Monday, 25 February 2013

Question! About being grateful for what one is not . . .

T-shirt sold here.
I'm sure this has been discussed abundantly online, but I'm interested in the bottom line. Why are Orthodox men meant to thank God everyday for not being made a woman, and why don't Orthodox women find this sentiment offensive?

Are the justifications for blessings expressing gratitude for not being a gentile or slave similar?


  1. Because Orthodox women suffer from Stockholm Syndrome?

  2. That blessing is part of the trio. 1) That you didn't make me a slave 2) That you didn't make me a gentile 3) Didn't make me a woman. So, I think it's because for the last (fill in years________________) that blessing - along with the other two- have been reinterpreted. Instead of an "I am superior to you" tone, that trio has been reinterpreted to speak of the three classes of people that are exempt from mitzvot (which is true, they are) and that you are happy to "burdened" with keeping the mitzvot as opposed to a slave, gentile or woman.

    Take it with a grain of salt, but I think that may be the reason.

    But I know plenty of woman that don't like it. I wouldn't say they are offended by it because that would entail them actually caring a great deal over a blessing. They roll their eyes and move on. I think many of the men just roll their eyes on move on as well.

  3. Thanks HH and P. . .

    > that you are happy to "burdened" with keeping the mitzvot

    The official party line is that mitzvot - though an obligation - are an honour/privilege, though, right?

    and that you are happy to "burdened" with keeping the mitzvot as opposed to a slave, gentile or woman.

    Wouldn't it be easier to just say that . . . "thank you for giving me my mitzvot" or something like that.

    1. Hi CL - First off, it's not just the party line. The idea of these brachot being connected to greater vs. lesser level of mitzvah obligation goes back to the Jerusalem Talmud, so it's possible that in fact they were devised with this idea in mind.

      There are halachic commentators who ask precisely your question - why not just word it in the positive? They give a number of explanations, all fine and reasonable, but at the end of the day I think we still have to face the simple fact that the "plain meaning" sounds offensive. And that should matter to any conscientious frum Jew who strives for sensitivity, shalom and kiddush Hashem.
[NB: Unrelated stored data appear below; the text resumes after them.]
//! Loops, solitaire parts, and small dominions by bound and budget, on worked games. A search that was refused
//! memory returns the same the second time.

use crate::tests::asserting::made;
use crate::tests::games::{EIGHT, EIGHT_ROWS, NINE, dense, game, part, whole};
use pg_dominion::Claim;
use pg_finders::{Inside, Small, find_loop, find_small, find_solitaire};
use pg_game::Player;
use pg_test_support::{EVEN, ODD, Row, Vertex, check_eq, twice};
use std::alloc::Global;
use std::process::Abort;

/// All vertices of a small game, as the set of its part.
const ALL: u32 = u32::MAX;

/// A search for a loop of the player, or for where one player alone has choices.
#[derive(Clone, Copy)]
enum Search {
    Loop(Player),
    Solitaire,
}

/// A game, the members of its part, a search, and the player and the rows of what is found.
type Case<'a> = (&'a [Vertex<'a>], u32, Search, Option<(Player, &'a [Row])>);

fn found(rt: &impl Abort, alloc: Global, inside: &Inside, search: Search) -> Option<Claim> {
    match search {
        Search::Loop(player) => made(rt, twice!(find_loop(alloc, inside, player))),
        Search::Solitaire => made(rt, twice!(find_solitaire(alloc, inside))),
    }
}

/// The player and the vertices with their choices, where there is a claim.
fn told_of(claim: &Option<Claim>) -> Option<(Player, &[Row])> {
    match claim {
        Some(claim) => Some((claim.player, claim.rows.as_slice())),
        None => None,
    }
}

fn assert_found(rt: &impl Abort, alloc: Global, inside: &Inside, case: &Case) {
    let found = found(rt, alloc, inside, case.2);
    check_eq!(*rt; told_of(&found), case.3, case.0);
}

fn assert_case(rt: &impl Abort, alloc: Global, case: &Case) {
    let game = game(rt, alloc, case.0);
    let inside = part(rt, alloc, &game, case.1);
    assert_found(rt, alloc, &inside, case);
}

const THREE_LOOPS: &[Vertex] = &[(0, EVEN, &[0]), (0, ODD, &[0]), (1, ODD, &[2])];

const TO_A_LOOP: &[Vertex] = &[(0, EVEN, &[0]), (0, ODD, &[0, 1])];

const BOTH_CHOOSE: &[Vertex] = &[(0, EVEN, &[0, 1]), (0, ODD, &[0, 1])];

const CYCLE: &[Vertex] = &[(1, EVEN, &[1]), (2, EVEN, &[0])];

const TO_A_BAD_CYCLE: &[Vertex] = &[(1, EVEN, &[1]), (1, EVEN, &[2]), (1, EVEN, &[1])];

const ITSELF: &[Vertex] = &[(0, EVEN, &[0])];

const CASES: &[Case] = &[
    // loops are found for their player
    (
        THREE_LOOPS,
        ALL,
        Search::Loop(ODD),
        Some((ODD, &[(2, Some(2))])),
    ),
    // an opponent without another way inside is a loop
    (
        TO_A_LOOP,
        0b10,
        Search::Loop(EVEN),
        Some((EVEN, &[(1, None)])),
    ),
    // where both players choose nothing is solitaire
    (BOTH_CHOOSE, ALL, Search::Solitaire, None),
    (
        BOTH_CHOOSE,
        ALL,
        Search::Loop(EVEN),
        Some((EVEN, &[(0, Some(0))])),
    ),
    (BOTH_CHOOSE, ALL, Search::Loop(ODD), None),
    // a cycle is solitaire
    (
        CYCLE,
        ALL,
        Search::Solitaire,
        Some((EVEN, &[(0, Some(1)), (1, Some(0))])),
    ),
    // Even can only move to a bad cycle, so Odd wins
    (
        TO_A_BAD_CYCLE,
        ALL,
        Search::Solitaire,
        Some((ODD, &[(0, None), (1, None), (2, None)])),
    ),
    // an empty part has nothing
    (ITSELF, 0, Search::Loop(EVEN), None),
    (ITSELF, 0, Search::Solitaire, None),
];

#[test]
fn loops_and_solitaire_parts_are_found_after_a_refusal(rt: HostRuntime) {
    for case in CASES {
        assert_case(&rt, rt.alloc(), case);
    }
}

/// What a search for Even answers: whether it gives up, and the rows that it finds.
type Answer<'a> = (bool, &'a [Row]);

const NOTHING: Answer = (false, &[]);

const GIVES_UP: Answer = (true, &[]);

/// A game, the members of its part, whether vertex 1 is a seed beside vertex 0, the bound, the budget, and
/// the answer.
type SmallCase<'a> = (&'a [Vertex<'a>], u32, bool, u32, u64, Answer<'a>);

fn from_first(rt: &impl Abort, alloc: Global, inside: &Inside, bound: u32, budget: u64) -> Small {
    assert!(*rt; 0 < inside.game().len());
    assert!(*rt; 1 <= bound && bound <= 8);
    made(
        rt,
        twice!(find_small(alloc, inside, EVEN, [0].as_slice(), bound, budget)),
    )
}

fn from_both(rt: &impl Abort, alloc: Global, inside: &Inside, bound: u32, budget: u64) -> Small {
    assert!(*rt; 1 < inside.game().len());
    assert!(*rt; 1 <= bound && bound <= 8);
    made(
        rt,
        twice!(find_small(alloc, inside, EVEN, [0, 1].as_slice(), bound, budget)),
    )
}

fn answer_of(small: &Small) -> Answer<'_> {
    match small {
        Small::Found(claim) => (false, claim.rows.as_slice()),
        Small::Nothing => NOTHING,
        Small::GaveUp => GIVES_UP,
    }
}

fn assert_answer(rt: &impl Abort, alloc: Global, inside: &Inside, case: &SmallCase) {
    let (_, _, is_both, bound, budget, want) = *case;
    let small = if is_both {
        from_both(rt, alloc, inside, bound, budget)
    } else {
        from_first(rt, alloc, inside, bound, budget)
    };
    check_eq!(*rt; answer_of(&small), want, (bound, budget));
}

fn assert_small(rt: &impl Abort, alloc: Global, case: &SmallCase) {
    let game = game(rt, alloc, case.0);
    let inside = part(rt, alloc, &game, case.1);
    assert_answer(rt, alloc, &inside, case);
}

const FORCED: &[Vertex] = &[(0, ODD, &[1]), (2, EVEN, &[0])];

const FORCED_ROWS: Answer = (false, &[(0, None), (1, Some(0))]);

const BOTH_CHOSEN: &[Vertex] = &[(1, EVEN, &[0, 1]), (1, EVEN, &[0, 1])];

const THREE: &[Vertex] = &[(0, EVEN, &[1]), (0, EVEN, &[2]), (0, EVEN, &[0])];

const THREE_ROWS: Answer = (false, &[(0, Some(1)), (1, Some(2)), (2, Some(0))]);

const TWO_LOOPS: &[Vertex] = &[(0, EVEN, &[0]), (1, EVEN, &[1])];

const FIRST_ROW: Answer = (false, &[(0, Some(0))]);

const SMALL_CASES: &[SmallCase] = &[
    // an empty part has nothing
    (ITSELF, 0, false, 4, 100, NOTHING),
    // a forced vertex needs a bound of two and one choice
    (FORCED, ALL, false, 2, 1_000, FORCED_ROWS),
    (FORCED, ALL, false, 8, 2, FORCED_ROWS),
    (FORCED, ALL, false, 1, 1_000, NOTHING),
    // a budget is used to the last choice, and one that covers all choices does not give up
    (ITSELF, ALL, false, 1, 1, FIRST_ROW),
    (ITSELF, ALL, false, 1, 0, GIVES_UP),
    (BOTH_CHOSEN, ALL, false, 2, 6, NOTHING),
    (BOTH_CHOSEN, ALL, false, 2, 4, NOTHING),
    (BOTH_CHOSEN, ALL, false, 2, 3, GIVES_UP),
    (THREE, ALL, false, 3, 3, THREE_ROWS),
    (THREE, ALL, false, 3, 2, GIVES_UP),
    (THREE, ALL, false, 2, 2, NOTHING),
    (THREE, ALL, false, 2, 1, GIVES_UP),
    // seeds share the budget
    (TWO_LOOPS, ALL, true, 8, 2, FIRST_ROW),
    (TWO_LOOPS, ALL, true, 8, 1, GIVES_UP),
    // a seed that was searched is not searched again: two choices from vertex 1, and then one from vertex 0
    (TO_A_BAD_CYCLE, ALL, true, 8, 3, NOTHING),
    (TO_A_BAD_CYCLE, ALL, true, 8, 2, GIVES_UP),
    // eight vertices are the most
    (EIGHT, ALL, false, 8, 8, (false, EIGHT_ROWS)),
    (NINE, ALL, false, 8, 1_000, NOTHING),
];

#[test]
fn a_small_search_keeps_to_its_bound_and_its_budget_after_a_refusal(rt: HostRuntime) {
    for case in SMALL_CASES {
        assert_small(&rt, rt.alloc(), case);
    }
}

/// A search of all of a game that is elsewhere.
const AMONG_MANY: SmallCase = (&[], ALL, false, 8, 10_000, GIVES_UP);

#[test]
fn a_search_among_too_many_choices_gives_up(rt: HostRuntime) {
    let game = dense(&rt, rt.alloc());
    let inside = whole(&rt, rt.alloc(), &game);
    assert_answer(&rt, rt.alloc(), &inside, &AMONG_MANY);
}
      It's easy for me (who sees Judaism as a CHOICE) - I say after 2000 years we can just let this one go. There's plenty else to say that's not the least bit offensive. But for people who are concerned about violating Chazal, we should endeavor to find alternative creative solutions!

      Best, AJ

    2. Exactly.

      Changing traditional practice is extremely difficult, but we do see some situations where changing facts/circumstances lead to a change in practice. We know, for example, that certain religious texts were censored in the past during times of Church persecution.

      It may be possible to make the case that in the past, the longer, not-so-offensive explanation for this prayer would have been known by most Jews and it would have been commonly understood that it was not intended as a put-down. Today, however, between the rise of feminism, the rise of assimilation and the rise of the internet, it's quite likely that a Jewish woman's first awareness of this prayer could come from an online post saying "did you know that Orthodox Jews are so sexist that the men are required to thank G-d every day that they are not women?", that the initial reaction to that information is going to be really negative, and that many women are not going to stick around for a longer explanation.

      In addition, we have a concept of "marat ayin" in Judaism, which means that we avoid even the appearance of sinning. If using the washroom at McDonald's can be problematic, I think we can say that even if this prayer isn't truly evidence of sexism, it comes across as sexist and is likely to give the impression to others that there is an intent to disrespect woman.

    3. Thanks guys! Always enjoy reading your perspectives.